EmitenNews.com - Pemerintah melalui Kementerian Energi dan Sumber Daya Mineral (ESDM), Kementerian Keuangan, Kementerian Perindustrian, SKK Migas, dan Badan Pengelola Migas Aceh (BPMA) terus mengevaluasi industri penerima Harga Gas Bumi Tertentu (HGBT).


Direktur Jenderal Minyak dan Gas Bumi Tutuka Ariadji mengatakan kebijakan HGBT sebesar USD6 per MMBTU kepada 7 industri yang diberlakukan Pemerintah sejak 2020 merupakan bentuk dukungan pemerintah dalam mendukung pertumbuhan ekonomi dan peningkatan daya saing industri nasional, baik dari sisi perpajakan maupun penyerapan tenaga kerja.


"Sesuai dengan Perpres nomor 121 Tahun 2020 pasal 9, Menteri ESDM dimanatkan untuk melakukan evaluasi terhadap penetapan HGBT dan Pengguna Gas Bumi Tertentu yang memperoleh fasilitas HGBT, setiap tahun atau sewaktu-waktu dengan mempertimbangkan kondisi perekonomian dalam negeri," katanya pada Rapat Dengar Pendapat (RDP) dengan Komisi VII DPR RI, Rabu (3/4).


Dalam pelaksanaan evaluasi terkait pelaksanaan penetapan Pengguna Gas Bumi Tertentu dan HGBT sesuai kewenangannya dilakukan oleh, Dirjen Ketenagalistrikan, Kepala BPH Migas, Kepala SKK Migas atau Kepala BPMA, Kementerian Perindustrian dan Kementerian Keuangan. "Masing-masing menyampaikan hasil evaluasi masing-masing kepada Tim Koordinasi yang diketuai Dirjen Migas," jelas Tutuka.

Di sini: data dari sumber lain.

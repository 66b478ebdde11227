ghost use Rattle.std.specs.Prelude.{◌≡◌};
ghost use Rattle.ldar_law.specs.Denials as law;

use crate::regime::Regime;
use fact_kinds::{Class, Designation, Kind, Service};

/// Whether a kind of component can have the service (our own rule): a compressor has no liquid service, and a pump has
/// no gas service.
pub fn suits_service(kind: Kind, service: Service) -> bool
    ensures value { result ≡ law.suits_service kind service }
{
    match (kind, service) {
        (Kind::Pump, Service::Gas) => false,
        (Kind::Compressor, Service::Light) => false,
        (Kind::Compressor, Service::Heavy) => false,
        _ => true,
    }
}

/// Whether a component under these rules can have the designation (40 CFR 60.482-2a(e), (g), 60.482-3a(i), 60.482-7a(f)
/// to (h)).
pub fn suits_designation(regime: Regime, designation: Designation) -> bool
    ensures value { result ≡ law.suits_designation regime designation }
{
    match (regime, designation) {
        (_, Designation::Plain) => true,
        (Regime::ValveRules, _) => true,
        (Regime::PumpRules, Designation::Nde) => true,
        (Regime::PumpRules, Designation::Unsafe) => true,
        (Regime::CompressorRules, Designation::Nde) => true,
        _ => false,
    }
}

/// Whether the service and the designation of a class suit a kind of component.
pub fn suits(kind: Kind, class: Class) -> bool
    ensures value { result ≡ law.suits kind class }
{
    suits_service(kind, class.service)
        && suits_designation(Regime::of(kind, class.service), class.designation)
}
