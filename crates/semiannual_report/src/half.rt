ghost use Rattle.std.specs.Prelude.{◌≡◌, ◌≤◌, nat_le, IsTrue};
ghost use Rattle.ldar_days.specs.Calendar.{first_day, last_day, end_by};
ghost use Rattle.ldar_law.specs.Reports as law;
ghost use Rattle.ldar_law.specs.declared.numbers.TheConstants.{LAST_FACT_DAY};
ghost use Rattle.semiannual_report.specs.Halves.{first_reported};

use ldar_days::{Day, Month, first_quarter};

/// The number of the calendar's last month, December 2099.
const LAST_MONTH: u32 = 25_199;

const LAST_DAY: u32 = 47_481;

/// Whether a half has begun by a day. Halves count from 1, and half h is quarters 2h - 1 and 2h (our own rule). A half
/// that would begin after 2099-12-31 has begun by no day.
pub fn has_half_begun(startup: Day, half: u16, day: Day) -> bool
    requires startup { startup ≤ LAST_FACT_DAY }
    ensures value { result ≡ law.has_half_begun startup half day }
    ensures in_calendar { IsTrue result → law.half_month startup half ≤ 25_199 }
{
    1 <= half && has_month_begun(half_month(startup, half), day)
}

/// Whether a month's first day is not after the day. The month is a number, since it may be past the calendar's end.
#[tactic(auto, using(crate::proofs::Begun::begun))]
fn has_month_begun(month: u32, day: Day) -> bool
    requires in_range { 24_096 ≤ month }
    ensures value { result ≡ nat_le (first_day month) day }
    ensures in_calendar { IsTrue result → month ≤ 25_199 }
{
    month <= day.month().number()
}

/// The number of a half's first month, which may be past the calendar's end.
pub fn half_month(startup: Day, half: u16) -> u32
    requires startup { startup ≤ LAST_FACT_DAY }
    requires half { 1 ≤ half }
    ensures value { result ≡ law.half_month startup half }
    ensures in_range { (24_096 ≤ result) × (result ≤ 500_000) }
{
    first_quarter(startup).number() + 6 * (u32::from(half) - 1)
}

/// The first day of a half, at most 2099-12-31.
pub fn half_first(startup: Day, half: u16) -> Day
    requires startup { startup ≤ LAST_FACT_DAY }
    requires half { 1 ≤ half }
    ensures value { result ≡ law.half_first startup half }
{
    month_start(half_month(startup, half))
}

/// The last day of a half, at most 2099-12-31.
pub fn half_last(startup: Day, half: u16) -> Day
    requires startup { startup ≤ LAST_FACT_DAY }
    requires half { 1 ≤ half }
    ensures value { result ≡ law.half_last startup half }
{
    month_end(half_month(startup, half) + 5)
}

/// The first day to report for a half that has not begun. For half 0 it is the first day of half 1.
pub fn first_day_reported(startup: Day, half: u16) -> Day
    requires startup { startup ≤ LAST_FACT_DAY }
    ensures value { result ≡ first_reported startup half }
{
    half_first(startup, half.max(1))
}

/// The first day of a month, at most 2099-12-31.
#[tactic(auto, using(crate::proofs::Begun::past))]
fn month_start(month: u32) -> Day
    requires in_range { 24_096 ≤ month }
    ensures value { result ≡ end_by (first_day month) }
{
    if month > LAST_MONTH {
        return Day::at(LAST_DAY);
    }
    Month::at(month).first_day()
}

/// The last day of a month, at most 2099-12-31.
#[tactic(auto, using(crate::proofs::Begun::past))]
fn month_end(month: u32) -> Day
    requires in_range { 24_096 ≤ month }
    ensures value { result ≡ end_by (last_day month) }
{
    if month > LAST_MONTH {
        return Day::at(LAST_DAY);
    }
    Month::at(month).last_day()
}
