use fact_kinds::{Class, Kind};
use ldar_days::Day;

/// A component as the register has it.
#[derive(Clone, Copy, Debug, PartialEq, Eq)]
pub struct Equipment {
    /// From 1 to 60,000.
    pub component: u16,
    /// The component's process unit, from 1 to 64.
    pub unit: u8,
    pub kind: Kind,
    /// Whether it handles polymerizing monomers (40 CFR 60.482-2a(b)(1)(i)).
    pub monomer: bool,
    /// Whether it replaces a leaking component.
    pub replaces: bool,
    /// The day from which it is in service: the day of its entry in the register.
    pub begin: Day,
    /// The first day from which it is out of service, if there is one.
    pub retired: Option<Day>,
    /// Its class until another one is entered.
    pub class: Class,
}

Kementerian Perindustrian dan Direktorat Jenderal Ketenagalistrikan telah melakukan evaluasi pelaksanaan kebijakan HGBT terhadap industri Pengguna Gas Bumi Tertentu yang telah mendapatkan penetapan HGBT dan bidang penyediaan tenaga listrik bagi kepentingan umum.


Kementerian Perindustrian telah menyampaikan data evaluasi pelaksanaan kebijakan HGBT melalui Surat Direktur Jenderal IKFT Nomor B/471/IKFT/IND/VIII/2021 tanggal 16 Agustus 2023, namun belum disertai dengan hasil evaluasi multiplier effect (nilai tambah yang terkuantifikasi) setiap industri Pengguna Gas Bumi Tertentu yang telah mendapatkan penetapan HGBT.

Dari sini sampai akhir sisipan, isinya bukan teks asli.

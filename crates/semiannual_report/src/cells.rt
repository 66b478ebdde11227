ghost use Rattle.std.specs.Prelude.{◌≡◌, ◌≤◌, ◌<◌, ◌+◌, ◌^◌, ◌++◌, ◌&&◌, nat_eq, length, take, drop, ◌∷◌, []};
ghost use Rattle.std.specs.List.{list_any, flat_map};
ghost use Rattle.list_words.specs.Ranges.{until};
ghost use Rattle.ldar_law.specs.Reports as law;
ghost use Rattle.ldar_law.specs.Tags.{is_late};
ghost use Rattle.semiannual_report.specs.Columns.{is_counted_as};

use fact_kinds::Kind;
use ldar_days::Day;
use ldar_law::{MonthCells, Sheet, is_compressor, is_pump, is_valve};

/// Whether a component of this type is counted in the columns of that type.
fn is_counted_as(columns: Kind, kind: Kind) -> bool
    ensures value { result ≡ is_counted_as columns kind }
{
    match columns {
        Kind::Valve => is_valve(kind),
        Kind::Pump => is_pump(kind),
        Kind::Compressor => is_compressor(kind),
        Kind::Relief => false,
    }
}

/// Whether a component had a leak in the month.
fn has_leak_in(sheet: &Sheet, month: u32) -> bool
    ensures value { result ≡ list_any (λ leak. nat_eq leak month) sheet.now.leaks }
{
    sheet
        .leaks
        .as_slice()
        .iter()
        .any(|leak| leak.number() == month)
}

/// Whether a component has a tag that was due in the month and is late on the day.
fn has_late_tag_in(sheet: &Sheet, day: Day, month: u32) -> bool
    ensures value { result ≡ list_any (λ tag. is_late day tag && law.is_date_in month tag.repair_due) sheet.now.tags }
{
    sheet
        .tags
        .as_slice()
        .iter()
        .any(|tag| tag.is_late(day) && tag.repair_due.is_date_in(month))
}

/// The number of components in a type's columns with a leak in a month, and of those with a late tag due in it.
#[derive(Drop)]
struct Columns {
    leaking: u32,
    late: u32,
}

impl Columns {
    /// Counts of 0.
    fn new() -> Columns
        ensures leaking { result.leaking ≡ 0 }
        ensures late { result.late ≡ 0 }
    {
        Columns {
            leaking: 0,
            late: 0,
        }
    }

    /// Counts a component, if it is in the columns of that type.
    fn add(&mut self, columns: Kind, sheet: &Sheet, day: Day, month: u32)
        ensures leaking { self.old.leaking + law.leaking_in (is_counted_as columns) (sheet.now ∷ []) month < 2 ^ 32
            → self.new.leaking ≡ self.old.leaking + law.leaking_in (is_counted_as columns) (sheet.now ∷ []) month }
        ensures late { self.old.late + law.late_in (is_counted_as columns) day (sheet.now ∷ []) month < 2 ^ 32
            → self.new.late ≡ self.old.late + law.late_in (is_counted_as columns) day (sheet.now ∷ []) month }
    {
        if is_counted_as(columns, sheet.kind) {
            let leaking = has_leak_in(sheet, month);
            let late = has_late_tag_in(sheet, day, month);
            self.leaking = self.leaking.saturating_add(u32::from(leaking));
            self.late = self.late.saturating_add(u32::from(late));
        }
    }
}

/// The six numbers of a month.
#[tactic(auto, unfolding(ldar_law::specs::Reports::month_cells))]
fn month_cells(day: Day, sheets: &[Sheet], month: u32) -> [u32; 6]
    ensures value { length sheets.now < 2 ^ 32 → result ≡ law.month_cells day sheets.now month }
{
    let mut valves = Columns::new();
    let mut pumps = Columns::new();
    let mut compressors = Columns::new();
    for sheet in sheets {
        valves.add(Kind::Valve, sheet, day, month);
        pumps.add(Kind::Pump, sheet, day, month);
        compressors.add(Kind::Compressor, sheet, day, month);
    }
    [
        valves.leaking,
        valves.late,
        pumps.leaking,
        pumps.late,
        compressors.leaking,
        compressors.late,
    ]
}

/// The numbers of six months, from the month `first` on.
pub fn half_cells(day: Day, sheets: &[Sheet], first: u32) -> MonthCells
    requires in_range { first ≤ 25_199 }
    ensures value { length sheets.now < 2 ^ 32 → result ≡ flat_map (law.month_cells day sheets.now) (until first (first + 6)) }
{
    let mut cells = [0; 36];
    for month in 0..6 {
        let six = month_cells(day, sheets, first + month as u32);
        put_six(&mut cells, 6 * month, &six);
    }
    MonthCells::new(cells)
}

/// Writes six numbers, from a place on.
fn put_six(cells: &mut [u32], at: usize, six: &[u32; 6])
    requires within { at + 6 ≤ length cells.old }
    ensures value { cells.new ≡ take at cells.old ++ six.now ++ drop (at + 6) cells.old }
{
    cells[at..at + 6].copy_from_slice(six);
}
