//! Worked examples of the definitions: empty functions whose contracts are proved by computing.

pub mod after_events;
pub mod denial_edges;
pub mod denials;
pub mod duties;
pub mod events;
pub mod histories;
pub mod judging_days;
pub mod leaks;
pub mod periods;
pub mod quarters;
pub mod readings;
pub mod register;
pub mod repairs;
pub mod reports;
pub mod settling;
pub mod sorts;
pub mod stirred;
pub mod texts;
pub mod views;
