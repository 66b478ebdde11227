ghost use Rattle.std.specs.Prelude.{◌≡◌};
ghost use Rattle.ldar_law.specs.Percent as percent;
ghost use Rattle.ldar_law.specs.Tags as law;

use crate::delay::{DelayEntry, DelayLine, Until};
use crate::numbers::LISTED_DAYS;
use ldar_days::Day;

/// The identification of a leaking component (40 CFR 60.486a(b)), with its due days.
#[derive(Clone, Copy, Debug, PartialEq, Eq)]
pub struct Tag {
    pub component: u16,
    pub detected: Day,
    /// Five days after the detection (40 CFR 60.482-2a(c), 60.482-7a(d)).
    pub attempt_due: Day,
    /// The day of the first attempt at a repair.
    pub attempted: Option<Day>,
    /// Fifteen days after the detection, unless the repair is delayed.
    pub repair_due: Until,
    pub closed: Option<Day>,
    /// The last delay that was not ignored.
    pub delay: Option<DelayEntry>,
    /// Whether the identification may be removed.
    pub removable: bool,
}

impl Tag {
    /// Whether it is not closed.
    pub fn is_open(&self) -> bool
        ensures value { result ≡ law.is_open self.now }
    {
        self.closed.is_none()
    }

    /// Whether it is open on a day: detected by then, and not closed by then.
    pub fn is_open_on(&self, day: Day) -> bool
        ensures value { result ≡ percent.is_open_on day self.now }
    {
        self.detected <= day
            && match self.closed {
                Some(closed) => day < closed,
                None => true,
            }
    }

    /// Whether it is on the list of a day: open, or closed at most 366 days before (our own rule).
    pub fn is_shown(&self, day: Day) -> bool
        ensures value { result ≡ law.is_shown day self.now }
    {
        match self.closed {
            Some(closed) => day.number() <= closed.number() + LISTED_DAYS,
            None => true,
        }
    }

    /// Whether it is late on a day: closed after its due day, or open when its due day is past.
    pub fn is_late(&self, day: Day) -> bool
        ensures value { result ≡ law.is_late day self.now }
    {
        match self.closed {
            Some(closed) => self.repair_due.is_past_on(closed),
            None => self.repair_due.is_past_on(day),
        }
    }

    /// The last delay that is not ignored, unless it is withdrawn.
    pub fn standing_delay(&self) -> Option<DelayEntry>
        ensures value { result ≡ law.standing_delay self.now }
    {
        match self.delay {
            Some(delay) => { if 0 < delay.ground { Some(delay) } else { None } }
            None => None,
        }
    }

    /// Whether the repair is delayed.
    pub fn is_delayed(&self) -> bool
        ensures value { result ≡ law.is_delayed self.now }
    {
        self.standing_delay().is_some()
    }

    /// The line of the tag with a delay.
    pub fn line_on(&self, delay: DelayEntry) -> DelayLine
        ensures value { result ≡ law.line_on self.now delay }
    {
        DelayLine {
            component: self.component,
            detected: self.detected,
            delay,
            until: self.repair_due,
            closed: self.closed,
        }
    }
}
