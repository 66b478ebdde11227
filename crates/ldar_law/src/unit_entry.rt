use fact_kinds::Name;
use ldar_days::Day;

/// A process unit as the register has it.
#[derive(Clone, Copy, PartialEq, Eq)]
pub struct UnitEntry {
    /// From 1 to 64.
    pub unit: u8,
    pub name: Name,
    /// The day of the initial startup, from which quarters are counted (40 CFR 60.481a).
    pub startup: Day,
    /// Whether the share of difficult valves is unlimited (40 CFR 60.482-7a(h)(2)).
    pub older: bool,
}
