ghost use Rattle.std.specs.Prelude.{◌≡◌};
ghost use Rattle.ldar_law.specs.Delays as law;
ghost use Rattle.ldar_law.specs.Reports as reports;

use crate::numbers::{ATTEMPT_DAYS, REPAIR_DAYS};
use fact_kinds::Key;
use ldar_days::Day;

/// A delay of repair as it was entered (40 CFR 60.482-9a).
#[derive(Clone, Copy, Debug, PartialEq, Eq)]
pub struct DelayEntry {
    pub key: Key,
    /// One of `GROUND_WITHDRAWN` to `GROUND_STOCK`: 1 to 5 for (a) to (e), or 0 if the delay is withdrawn.
    pub ground: u8,
    /// The person who decided on the delay; 0 for none.
    pub signer: u16,
    /// The day on which the repair is expected.
    pub expected: Option<Day>,
}

/// A process unit shutdown, from its first day to its last.
#[derive(Clone, Copy, Debug, PartialEq, Eq)]
pub struct Stop {
    pub first: Day,
    pub last: Day,
}

/// The due day of a leak's repair (40 CFR 60.482-9a).
#[derive(Clone, Copy, Debug, PartialEq, Eq)]
pub enum Until {
    Date(Day),
    /// Until a process unit shutdown that has not been entered yet.
    Shutdown,
    /// As long as the component is isolated and not in VOC service.
    WhileIsolated,
    /// No day is set.
    NoDate,
}

/// The line of a report on a repair that was delayed.
#[derive(Clone, Copy, Debug, PartialEq, Eq)]
pub struct DelayLine {
    pub component: u16,
    pub detected: Day,
    /// The last delay that was not ignored.
    pub delay: DelayEntry,
    pub until: Until,
    pub closed: Option<Day>,
}

/// The day by which a first attempt at the repair of a leak is due; `detected` is the day of its detection (40 CFR
/// 60.482-2a(c)(2), 60.482-7a(d)(2)).
pub fn attempt_by(detected: Day) -> Day
    ensures value { result ≡ law.attempt_by detected }
{
    detected.plus_days(ATTEMPT_DAYS)
}

/// The day by which the repair of a leak is due if it is not delayed (40 CFR 60.482-2a(c)(1), 60.482-7a(d)(1)).
pub fn repair_by(detected: Day) -> Day
    ensures value { result ≡ law.repair_by detected }
{
    detected.plus_days(REPAIR_DAYS)
}

impl Until {
    /// Whether it is past on the day. If it is not a date, it is never past.
    pub fn is_past_on(&self, day: Day) -> bool
        ensures value { result ≡ law.is_past day self.now }
    {
        match *self {
            Until::Date(due) => due < day,
            _ => false,
        }
    }

    /// Whether it is a date in the month with this number, which may be outside the calendar.
    pub fn is_date_in(&self, month: u32) -> bool
        ensures value { result ≡ reports.is_date_in month self.now }
    {
        match *self {
            Until::Date(due) => due.month().number() == month,
            _ => false,
        }
    }
}

impl Stop {
    /// Whether some day of the shutdown is in the range.
    pub fn is_in(&self, first: Day, last: Day) -> bool
        ensures value { result ≡ reports.is_stop_in first last self.now }
    {
        self.first <= last && first <= self.last
    }
}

"Dirjen Ketenagalistrikan telah menyampaikan evaluasi implementasi HGBT di bidang penyediaan tenaga listrik bagi kepentingan umum melalui surat Nomor B-2506/TL.04/DJL.3/2023 tanggal 11 Agustus 2023, namun belum disertai dengan hasil evaluasi atas implikasinya terkait penerimaan perpajakan," jelas Tutuka.


Dalam realisasinya penyerapan oleh Pengguna Gas Bumi Tertentu Bidang Industri Pupuk yang belum maksimal seperti di bidang pupuk.


"Dalam lima tahun terakhir ada kecenderungan penurunan volume realisasi HGBT untuk industri walaupun tidak begitu besar," ungkap Tutuka.


Menurutnya tidak optimalnya serapan volume oleh Pengguna Gas Bumi Tertentu khususnya Bidang Industri Pupuk antara lain disebabkan, pertama karena maintenance dan kendala operasi pabrik. Kedua, karena keterbatasan kemampuan pasokan hulu migas yang dikelola SKK Migas dalam hal ini dan adanya maintenance di sisi Hulu dan ketiga Kepmen 91 yang berlaku.


Namun demikian, Tutuka menjelaskan ke depan industri pupuk akan memerlukan kebutuhan gas yang besar yang tentunya perlu dipersiapkan.

"Melihat proyeksi kebutuhan gas untuk pupuk yang dikeluarkan oleh Group PT Pupuk Indonesia akan terjadi peningkatan kebutuhan PT Pupuk Indonesia dari 820 MMSCFD menjadi sekitar 1.076 MMSCFD per hari pada tahun 2030, hal ini memerlukan kooridnasi dan keseriusan semua pihak agar dapat memastikan tersedianya kebutuhan gas oleh produsen gas nasional," jelasnya.


Pada tahun 2022, subsidi pupuk secara total sebesar Rp 27,55 triliun. Angka ini menurun 16,12% dibandingkan tahun 2019 atau menurun 9,37% dibandingkan tahun 2020. Namun, jika dibandingkan dengan tahun 2021, subsidi pupuk pada tahun 2022 mengalami peningkatan sebesar 2,77%.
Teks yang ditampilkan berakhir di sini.